**REQUIREMENT:** In this exercise, every entry below is to be reproduced word for word.

**SUPPLIED DATA:**
────────────────────

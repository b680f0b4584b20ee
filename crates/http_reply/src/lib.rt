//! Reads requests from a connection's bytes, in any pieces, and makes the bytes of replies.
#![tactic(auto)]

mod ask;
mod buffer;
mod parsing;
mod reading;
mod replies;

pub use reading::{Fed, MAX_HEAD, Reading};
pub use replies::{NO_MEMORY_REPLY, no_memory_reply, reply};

────────────────────

**SOLUTION TO THIS PROBLEM:**
repository b680f0b4584b20ee
filename crates/http_reply/src/lib.rt
//! Reads requests from a connection's bytes, in any pieces, and makes the bytes of replies.
#![tactic(auto)]

mod ask;
mod buffer;
mod parsing;
mod reading;
mod replies;

pub use reading::{Fed, MAX_HEAD, Reading};
pub use replies::{NO_MEMORY_REPLY, no_memory_reply, reply};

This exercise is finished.